== To do ==
Return only those lines of the material that contain "months".
━━━━━━
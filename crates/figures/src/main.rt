// Compares the figures of docs/RULES.md, and several thousand generated cases, with a calculation of its own.
// A line for each group; the first case that disagrees is named, and the program ends with an error.
#![tactic(auto)]

mod cuts;
mod drawn;
mod months;
mod session;
mod shares;
mod worked;

use cuts::compare_cuts;
use entry::kinds::{BySource, Net};
use months::compare_months;
use session::compare_session;
use shares::{compare_quantities, compare_rows, compare_shares};
use worked::compare_worked;

fn run(rt: &HostRuntime) -> anyhow::Result<()> {
    compare_worked(rt)?;
    compare_session(rt)?;
    compare_shares(rt)?;
    compare_rows(rt)?;
    compare_quantities(rt)?;
    compare_cuts(rt)?;
    compare_months::<Net>(rt, "net months", 1)?;
    compare_months::<BySource>(rt, "by-source months", 2)
}

fn main(rt: HostRuntime) -> anyhow::Result<()> {
    run(&rt)
}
━━━━━━
== Output for this task ==
mod months;
use months::compare_months;
    compare_months::<Net>(rt, "net months", 1)?;
    compare_months::<BySource>(rt, "by-source months", 2)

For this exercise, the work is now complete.